In the dose range finding test, the test material was tested up to concentrations of 5000 μg/plate in the absence and presence of S9-mix in the strains TA100 and WP2uvrA. The test material did not precipitate on the plates at this dose level. Cytotoxicity, as evidenced by a decrease in the number of revertants and/or reduction of the bacterial background lawn was observed in TA100 (absence and presence of S9-mix) and WP2uvrA (absence of S9-mix). Due to the colour of the test material the number of revertants and bacterial background lawn could not be determined at dose levels of 512 to 5000 μg/plate. Results were reported as part of the first mutation assay.

Based on the results of the dose range finding test, the test material was tested in the first mutation assay at a concentration range of 0.55 to 164 μg/plate in the absence and presence of 5 % (v/v) S9-mix in the tester strains TA1535, TA1537 and TA98. Cytotoxicity was observed in all three tester strains in the absence and presence of S9-mix.

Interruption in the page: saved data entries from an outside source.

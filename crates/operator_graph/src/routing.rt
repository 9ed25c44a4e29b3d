//! Which operator serves an entity.

ghost use Rattle.std.specs.Prelude.{◌≡◌, ◌≤◌, ◌<◌, ◌+◌, ◌*◌, ◌^◌};
ghost use Rattle.operator_graph.specs.Routing as spec;

use sf_value::Ref;

/// The hash of a key's bytes, in 32 bits.
fn hash_of(key: &[u8]) -> u32
    ensures { result ≡ spec.hash_of key.now }
{
    let mut hash: u32 = 0;
    for byte in key {
        hash = ((hash as u64 * 31 + *byte as u64) % (1 << 32)) as u32;
    }
    hash
}

/// The partition of a key among so many. It takes no memory.
pub fn partition(key: &[u8], parts: u32) -> u32
    requires { 1 ≤ parts }
    ensures { result ≡ spec.partition key.now parts }
{
    hash_of(key) % parts
}

/// The number of the operator of an entity: the operators of a class stand one after another, one for
/// each partition. It takes no memory.
pub fn operator_of(at: &Ref, parts: u32) -> u32
    requires parts { 1 ≤ parts }
    requires room { (at.now.class + 1) * parts < 2 ^ 32 }
    ensures { result ≡ spec.operator_of at.now parts }
{
    at.class * parts + partition(at.key.as_str().as_bytes(), parts)
}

In a follow-up experiment of the assay with additional parameters, the test material was tested at a concentration range of 5 to 164 μg/plate in the absence and presence of 10 % (v/v) S9-mix in all strains. Cytotoxicity was observed in all tester strains in the absence and presence of S9-mix.

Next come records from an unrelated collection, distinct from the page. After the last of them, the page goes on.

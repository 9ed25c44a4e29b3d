//! Who is told of graphs and of the events that operators handle.

ghost use Rattle.std.specs.Prelude.{ℕ, List, [], ◌∷◌, None};
ghost use Rattle.std.specs.declared.option.Option.{Option};
ghost use Rattle.block_code.specs.GraphViews.{graph_tables, graph_blocks};
ghost use Rattle.operator_graph.specs.Telling.{Told, GraphTold, StepTold, AlsoTold};

use block_code::{Event, Graph};

/// What is told of a run. A call of it can't fail.
pub trait Watch {
    /// What it was told, in order, where it tells it.
    ghost told: { Self → Option (List Told) };

    /// The graph that what follows runs on.
    fn graph(&mut self, graph: &Graph)
        ensures { AlsoTold (told self.old) (told self.new) (GraphTold (graph_tables graph.now) (graph_blocks graph.now) ∷ []) };

    /// An event, before the operator of this number handles it.
    fn step(&mut self, operator: u32, event: &Event)
        ensures { AlsoTold (told self.old) (told self.new) (StepTold operator event.now ∷ []) };
}

/// Does nothing, and tells nothing.
#[derive(Drop)]
pub struct NoWatch;

impl Watch for NoWatch {
    ghost told = { λ watch. None };

    fn graph(&mut self, _graph: &Graph) {}

    fn step(&mut self, _operator: u32, _event: &Event) {}
}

The test material did not induce a significant dose-related increase in the number of revertant (His+) colonies in each of the four tester strains TA1535, TA1537, TA98 and TA100 and in the number of revertant (Trp+) colonies in the tester strain WP2uvrA both in the absence and presence of S9-metabolic activation. These results were confirmed in a follow-up experiment. The negative and strain-specific positive control values were within the laboratory historical control data ranges indicating that the test conditions were adequate and that the metabolic activation system functioned properly.

Under the conditions of this study, it is concluded that the test material is not mutagenic in the Salmonella typhimurium and Escherichia coli reverse mutation assay.